Windmills are seen in front of the Gries dam at SwissWinds farm, Europe's highest wind farm.
Windmills are seen in front of the Gries dam at SwissWinds farm, Europe's highest wind farm.   -   Copyright  REUTERS/Denis Balibouse/File Photo   -  
By Euronews  with Reuters

The energy crisis caused by the Ukraine war will likely accelerate the transition to greener fuels in the medium term, according to the head of the International Renewable Energy Agency (IRENA). 

Higher use of renewables can help improve the environment and ensure energy independence, director-general Francesco La Camera added. 

Fossil fuel use could rise in the short term to secure a stable supply, but risks to the stability of energy supplies highlighted by Russia's invasion of Ukraine would support the global shift away from polluting fuels. 

Turning to fossil fuels as a 'last resort'

"In the very short term, concerns of the governments are to provide energy for their citizens," La Camera told Reuters in an interview on Monday. 

He says some countries are making use of everything they have, including ageing coal-fired power plants.

Germany is delaying planned shutdowns of some coal plants while Britain is turning to old coal power units as a "last resort" in case other sources cannot provide enough electricity through the coming winter.

Kai Pfaffenbach/REUTERS
A view of electricity pylons and power lines leading from the Uniper coal power plant in Hanau, Germany.Kai Pfaffenbach/REUTERS

"But in the mid- and long term, the Ukraine crisis will bring an acceleration to the energy transition because governments finally realise that going for renewables is not only good for the environment, jobs, GDP, but also good for ensuring higher energy independency," he said.

"Renewables are the most competitive way to produce electricity today," he added.

The crisis has led to a renewed interest in nuclear power

The global energy crisis has also led to a renewed interest in nuclear power.
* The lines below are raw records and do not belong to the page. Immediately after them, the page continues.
//! The last block of a log, in memory, and how bytes are added to the log.
ghost use Rattle.std.specs.Prelude.{
  ◌≡◌,
  ◌<◌,
  ◌≤◌,
  ◌+◌,
  ◌-◌,
  ◌*◌,
  ◌++◌,
  ℕ,
  Bool,
  true,
  List,
  length,
  take,
  drop,
  min,
  vec_len,
  IsTrue,
  OnOk,
  false,
  IfOk,
  slice_set,
  replicate,
};
ghost use Rattle.vr_types.specs.Blocks.{Keeps, Puts};
ghost use Rattle.vr_types.specs.Faults.{HasWriteCause};
ghost use Rattle.vr_types.specs.Fields.{padded};
ghost use Rattle.vr_types.specs.Image.{block_at};
ghost use Rattle.vr_types.specs.Regions.{Touches};
ghost use Rattle.vr_types.specs.Seen.{Only};
ghost use Rattle.vr_log.specs.LogBlock.{generation_in, index_in, used_in, head_of};
ghost use Rattle.vr_log.specs.LogNow.{LogNow};
ghost use Rattle.vr_log.specs.Standing.{InLog};
ghost use Rattle.vr_log.specs.Memory.{IsTail};
ghost use Rattle.vr_types.specs.declared.geometry.Geometry.{Geometry};
ghost use Rattle.vr_log.specs.Writing.{IsSafe, IsSound, IsPassedBy, position, HasRoom, IsReady};
ghost use Rattle.vr_log.specs.Writing.{IsPrefix, IsWriting, IsFound, IsSame, IsKeptBy, IsSettledOf};
ghost use Rattle.vr_log.specs.Writing.{Follows, Ends, block_of};

use vr_types::{Blocks, DeviceFault, put_eight, put_four};

/// The block of the log to which the next bytes go: its content so far, its index, the bytes used
/// of it, and the number of blocks of the log. `begun` once a block of the log was forced.
#[derive(Drop)]
pub(crate) struct Tail {
    pub(crate) generation: u64,
    pub(crate) block: Vec<u8>,
    pub(crate) blocks: u32,
    pub(crate) index: u32,
    pub(crate) used: u32,
    pub(crate) begun: bool,
}

impl Tail {
    /// Copies as many of the bytes as the block has room for, and answers how many these are.
    pub(crate) fn fill(&mut self, bytes: &[u8]) -> usize
        requires fits { self.old.used + 16 ≤ vec_len self.old.block }
        requires small { vec_len self.old.block < 4294967296 }
        ensures count { result ≡ min (length bytes.now)
            (vec_len self.old.block - 16 - self.old.used) }
        ensures used { self.new.used ≡ self.old.used + result }
        ensures block { self.new.block.items ≡ take (16 + self.old.used) self.old.block.items
            ++ take result bytes.now ++ drop (16 + self.old.used + result) self.old.block.items }
        ensures same { (self.new.generation ≡ self.old.generation)
            × (self.new.blocks ≡ self.old.blocks) × (self.new.index ≡ self.old.index)
            × (self.new.begun ≡ self.old.begun) }
        ensures size { vec_len self.new.block ≡ vec_len self.old.block }
    {
        let start = 16 + self.used as usize;
        let count = (self.block.len() - start).min(bytes.len());
        self.block[start..start + count].copy_from_slice(&bytes[..count]);
        self.used += count as u32;
        count
    }

    /// Puts the block, with its head, and with zeros past the bytes used.
    pub(crate) fn put<B: Blocks>(&mut self, blocks: &mut B) -> Result<(), DeviceFault>
        requires safe { IsSafe self.old (B.seen blocks.old) }
        ensures block { self.new.block.items ≡ block_of self.old }
        ensures size { vec_len self.new.block ≡ vec_len self.old.block }
        ensures same { IsSame self.old self.new }
        ensures put { IsTrue B.tells → OnOk result ((B.seen blocks.new).cur
            ≡ slice_set (B.seen blocks.old).cur (1 + self.old.index) self.new.block.items) }
        ensures after { Puts B.tells (1 + self.old.index) self.new.block.items
            (B.seen blocks.old) (B.seen blocks.new) }
        ensures cause { HasWriteCause (B.faults blocks.old) (B.faults blocks.new) result }
    {
        make_block(&mut self.block, self.generation, self.index, self.used);
        blocks.put(1 + self.index, &self.block)
    }

    /// Puts a block that is full, and goes on to the next one, where there is one. The block in
    /// which the log was begun is forced first.
    pub(crate) fn turn<B: Blocks>(&mut self, blocks: &mut B) -> Result<(), DeviceFault>
        requires safe { IsSafe self.old (B.seen blocks.old) }
        ensures safe { OnOk result (IsSafe self.new (B.seen blocks.new)) }
        ensures ready { OnOk result (IsReady self.new) }
        ensures position { OnOk result (position self.new ≡ position self.old) }
        ensures same { IsKeptBy self.old self.new }
        ensures writing { (log : LogNow) (total written : List ℕ)
            → IsWriting log total written self.old B.tells (B.seen blocks.old)
            → IsPrefix written total
            → Follows B.tells log total written self.new (B.seen blocks.old)
            (B.seen blocks.new) result }
        ensures cause { HasWriteCause (B.faults blocks.old) (B.faults blocks.new) result }
    {
        if (self.used as usize) + 16 < self.block.len() || self.index + 1 == self.blocks {
            return Ok(());
        }
        self.put(blocks)?;
        self.settle(blocks)?;
        self.index += 1;
        self.used = 0;
        Ok(())
    }

    /// Forces the block, where it is the one in which the log was begun.
    fn settle<B: Blocks>(&mut self, blocks: &mut B) -> Result<(), DeviceFault>
        requires safe { IsSafe self.old (B.seen blocks.old) }
        ensures begun { OnOk result (self.new.begun ≡ true) }
        ensures same { IsSettledOf self.old self.new }
        ensures keeps { Keeps B.tells (B.seen blocks.old) (B.seen blocks.new) }
        ensures forced { IsTrue B.tells → self.old.begun ≡ false → OnOk result
            (Only (B.seen blocks.new) (1 + self.old.index) (λ block.
            block ≡ block_at (B.seen blocks.old).cur (1 + self.old.index))) }
        ensures cause { HasWriteCause (B.faults blocks.old) (B.faults blocks.new) result }
    {
        if self.begun {
            return Ok(());
        }
        blocks.force(&[1 + self.index])?;
        self.begun = true;
        Ok(())
    }

    /// Adds as many of the bytes as the block has room for, and answers how many these are.
    fn step<B: Blocks>(&mut self, blocks: &mut B, bytes: &[u8]) -> Result<usize, DeviceFault>
        requires safe { IsSafe self.old (B.seen blocks.old) }
        requires ready { IsReady self.old }
        requires some { 0 < length bytes.now }
        requires room { HasRoom self.old (length bytes.now) }
        ensures some { IfOk result (λ count. 0 < count) }
        ensures most { IfOk result (λ count. count ≤ length bytes.now) }
        ensures safe { OnOk result (IsSafe self.new (B.seen blocks.new)) }
        ensures ready { OnOk result (IsReady self.new) }
        ensures position { IfOk result (λ count. position self.new ≡ position self.old + count) }
        ensures same { IsKeptBy self.old self.new }
        ensures writing { (log : LogNow) (total written : List ℕ)
            → IsWriting log total written self.old B.tells (B.seen blocks.old)
            → IsPrefix (written ++ bytes.now) total → IfOk result (λ count.
            IsWriting log total (written ++ take count bytes.now) self.new B.tells
            (B.seen blocks.new)) }
        ensures touches { (log : LogNow) (total written : List ℕ)
            → IsWriting log total written self.old B.tells (B.seen blocks.old)
            → IsPrefix (written ++ bytes.now) total → IsTrue B.tells
            → Touches (InLog log.geometry) (IsFound log total) (B.seen blocks.old)
            (B.seen blocks.new) }
        ensures cause { HasWriteCause (B.faults blocks.old) (B.faults blocks.new) result }
    {
        let count = self.fill(bytes);
        self.turn(blocks)?;
        Ok(count)
    }

    /// Adds bytes, and puts each block that they fill.
    pub(crate) fn add<B: Blocks>(&mut self, blocks: &mut B, bytes: &[u8]) -> Result<(), DeviceFault>
        requires safe { IsSafe self.old (B.seen blocks.old) }
        requires ready { IsReady self.old }
        requires room { HasRoom self.old (length bytes.now) }
        ensures safe { OnOk result (IsSafe self.new (B.seen blocks.new)) }
        ensures ready { OnOk result (IsReady self.new) }
        ensures position { OnOk result (position self.new ≡ position self.old + length bytes.now) }
        ensures same { IsKeptBy self.old self.new }
        ensures writing { (log : LogNow) (total written : List ℕ)
            → IsWriting log total written self.old B.tells (B.seen blocks.old)
            → IsPrefix (written ++ bytes.now) total → Follows B.tells log total
            (written ++ bytes.now) self.new (B.seen blocks.old) (B.seen blocks.new) result }
        ensures cause { HasWriteCause (B.faults blocks.old) (B.faults blocks.new) result }
    {
        let mut rest = bytes;
        while !rest.is_empty() {
            let count = self.step(blocks, rest)?;
            rest = &rest[count..];
        }
        Ok(())
    }

    /// Passes over as many bytes that stand on the blocks as the block has room for.
    fn pass_some(&mut self, bytes: &[u8]) -> usize
        requires sound { IsSound self.old }
        requires ready { IsReady self.old }
        requires some { 0 < length bytes.now }
        requires room { HasRoom self.old (length bytes.now) }
        ensures some { 0 < result }
        ensures most { result ≤ length bytes.now }
        ensures sound { IsSound self.new }
        ensures ready { IsReady self.new }
        ensures position { position self.new ≡ position self.old + result }
        ensures same { IsPassedBy self.old self.new }
        ensures passed { (geometry : Geometry) (written : List ℕ) → IsTail geometry written self.old
            → IsTail geometry (written ++ take result bytes.now) self.new }
    {
        let count = self.fill(bytes);
        if (self.used as usize) + 16 == self.block.len() && self.index + 1 < self.blocks {
            self.index += 1;
            self.used = 0;
        }
        count
    }

    /// Passes over bytes that stand on the blocks.
    pub(crate) fn pass(&mut self, bytes: &[u8])
        requires sound { IsSound self.old }
        requires ready { IsReady self.old }
        requires room { HasRoom self.old (length bytes.now) }
        ensures sound { IsSound self.new }
        ensures ready { IsReady self.new }
        ensures position { position self.new ≡ position self.old + length bytes.now }
        ensures same { IsPassedBy self.old self.new }
        ensures passed { (geometry : Geometry) (written : List ℕ) → IsTail geometry written self.old
            → IsTail geometry (written ++ bytes.now) self.new }
    {
        let mut rest = bytes;
        while !rest.is_empty() {
            let count = self.pass_some(rest);
            rest = &rest[count..];
        }
    }

    /// Puts the last block, where there are bytes in it.
    pub(crate) fn finish<B: Blocks>(&mut self, blocks: &mut B) -> Result<(), DeviceFault>
        requires safe { IsSafe self.old (B.seen blocks.old) }
        ensures position { position self.new ≡ position self.old }
        ensures ready { IsReady self.old → IsReady self.new }
        ensures same { IsKeptBy self.old self.new }
        ensures ending { (log : LogNow) (total : List ℕ)
            → IsWriting log total total self.old B.tells (B.seen blocks.old)
            → Ends B.tells log total self.new (B.seen blocks.old) (B.seen blocks.new) result }
        ensures cause { HasWriteCause (B.faults blocks.old) (B.faults blocks.new) result }
    {
        if self.used == 0 {
            return Ok(());
        }
        self.put(blocks)?;
        Ok(())
    }
}

/// Makes the block that of the log with so many bytes used: it writes its head, and zeros past
/// them.
fn make_block(block: &mut [u8], generation: u64, index: u32, used: u32)
    requires { 16 + used ≤ length block.old }
    ensures { block.new ≡ padded (length block.old)
        (head_of generation index used ++ take used (drop 16 block.old)) }
{
    clear_from(block, 16 + used as usize);
    write_head(block, generation, index, used);
}

/// Makes zeros of the bytes from a place on.
fn clear_from(block: &mut [u8], from: usize)
    requires { from ≤ length block.old }
    ensures { block.new ≡ take from block.old ++ replicate (length block.old - from) 0 }
{
    block[from..].fill(0);
}

/// Writes the head of a block of the log.
#[tactic(auto, using(crate::proofs::Heads::headed))]
fn write_head(block: &mut [u8], generation: u64, index: u32, used: u32)
    requires { 16 ≤ length block.old }
    ensures { block.new ≡ head_of generation index used ++ drop 16 block.old }
{
    put_eight(block, 0, generation);
    put_four(block, 8, index);
    put_four(block, 12, used);
}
Governments across Europe and Asia are extending lifespans for their aging nuclear plants, restarting reactors and dusting off plans to resume projects shelved after the 2011 nuclear crisis in Fukushima, Japan.

"In a general term, nuclear power is not the best option because of cost, security concern and because the contribution they could give will come too late," La Camera said, referring to the length of time it takes to build a new nuclear power plant.